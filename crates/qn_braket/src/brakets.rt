//! Conjugates, overlaps and expectations of any networks, and of chains of tensors that are given by their entries.

ghost use Rattle.qn_braket.specs.Brakets.{ConjLaw, ExpectLaw, OverlapLaw};
ghost use Rattle.qn_braket.specs.OperatorSigns.{OperatorSignLaw, OwnLabelsLaw};
ghost use Rattle.qn_braket.specs.Pieces.{ExpectChainLaw, OverlapChainLaw};

/// The conjugates of the tensors of a network, the last one's first, are a network with the conjugate value.
pub fn conj_law()
    ensures { ConjLaw }
{}

/// The network of a bra's conjugates and a ket is their overlap.
pub fn overlap_law()
    ensures { OverlapLaw }
{}

/// The network of a bra's conjugates, an operator and a ket is its expectation.
pub fn expect_law()
    ensures { ExpectLaw }
{}

/// The network of the overlap of two chains is the sum over the values of the sites of conj(bra's amplitude) times the
/// ket's.
pub fn overlap_chain_law()
    ensures { OverlapChainLaw }
{}

/// The network of the expectation of an operator chain is the sum over the values of the sites, twice,
/// of conj(bra's amplitude) times the operator's matrix element times the ket's amplitude.
pub fn expect_chain_law()
    ensures { ExpectChainLaw }
{}

/// The value of an operator chain is a sum over its links with one sign.
pub fn operator_sign_law()
    ensures { OperatorSignLaw }
{}

/// The labels of an operator's own network differ.
pub fn own_labels_law()
    ensures { OwnLabelsLaw }
{}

***

PROBLEM DETAILS: Whenever a line in the data above contains the word "with", include it in the tally, and report only the final number.

FINISHED TASK: 2